Categorygithub.com/parsiya/parsia-codegophercises04-link

package

0.0.0-20240228044302-56ad08b2fa1c

Repository: https://github.com/parsiya/parsia-code.git

Documentation: pkg.go.dev

# README

Gophercises - 4 - Link

Problem

Solutions

link: link package.
main: Use link package to extract links from HTML.

Lessons Learned

/x/net/html

Read the package example: https://godoc.org/golang.org/x/net/html

Token struct:

type Token struct {
    Type     TokenType
    DataAtom atom.Atom
    Data     string
    Attr     []Attribute
}

Type can give us information about what kind of token it is. Important ones for this exercise are:
- StartTagToken: <a href>
- EndTagToken: </a>
- TextToken: Text in between.
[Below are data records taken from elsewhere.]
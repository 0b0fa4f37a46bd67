//! The header `access-control-expose-headers`.

use headers_core::NamedField;
use headers_names::{ListField, ListHeader};
use http_header::{ACCESS_CONTROL_EXPOSE_HEADERS, HeaderName};

/// The header `Access-Control-Expose-Headers`: the response fields that a script may read (W3C
/// CORS, section 5.3).
///
/// All field lines are joined by a comma and a space, and none are rejected: `decode` fails only if
/// an allocation fails. `iter` yields the items that are field names.
pub type AccessControlExposeHeaders = ListHeader<AccessControlExposeHeadersField>;

/// The field name of `AccessControlExposeHeaders`.
#[derive(Debug)]
pub struct AccessControlExposeHeadersField;

impl NamedField for AccessControlExposeHeadersField {
    ghost use Rattle.std.specs.Prelude.{codes};

    ghost NAME = { codes "access-control-expose-headers" };

    const NAME: HeaderName = ACCESS_CONTROL_EXPOSE_HEADERS;
}

impl ListField for AccessControlExposeHeadersField {
    type Item = HeaderName;
}
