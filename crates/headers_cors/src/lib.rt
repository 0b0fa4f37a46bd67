//! Headers of cross-origin resource sharing (W3C CORS; the Fetch standard).
#![tactic(auto)]

mod access_control_allow_credentials;
mod access_control_allow_headers;
mod access_control_allow_methods;
mod access_control_allow_origin;
mod access_control_expose_headers;
mod access_control_max_age;
mod access_control_request_headers;
mod access_control_request_method;

pub use crate::access_control_allow_credentials::AccessControlAllowCredentials;
pub use crate::access_control_allow_headers::AccessControlAllowHeaders;
pub use crate::access_control_allow_methods::{
    AccessControlAllowMethods, AccessControlAllowMethodsField,
};
pub use crate::access_control_allow_origin::{AccessControlAllowOrigin, allow_origin_of_own_text};
pub use crate::access_control_expose_headers::{
    AccessControlExposeHeaders, AccessControlExposeHeadersField,
};
pub use crate::access_control_max_age::AccessControlMaxAge;
pub use crate::access_control_request_headers::{
    AccessControlRequestHeaders, AccessControlRequestHeadersField,
};
pub use crate::access_control_request_method::{
    AccessControlRequestMethod, request_methods_read_back,
};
Using text nodes will skip other elements inside the link.
Data contains the data in the node.
- Anchor tags: a.
- Text nodes: The actual text of the node.

Attribute is of type:

type Attribute struct {
    Namespace, Key, Val string
}

Key is the name of the attribute and Value is the value.
- <a href="example.net">: key = href and value = example.net.

Parse

Parse is easy.

Go through the nodes. If you reach a start anchor tag, set the capturing flag to start capturing. Store the href.
While capturing, add the text of every text node (trim all white space but add a space between nodes).
After reaching the end anchor tag, stop capturing and store the link.
Add link to the links slice.

Issues:

Nested links are ignored. Child links are not stored and their text is stored as part of the parent link.
- For an example run go run main.go -f ex5.html.

strings.Builder

Example: https://golang.org/pkg/strings/#example_Builder

var sb strings.Builder  // Create the builder.
sb.WriteString("whatever")  // Write to it. We can use fmt.Sprintf as param too.
return sb.String()  // Get the final string.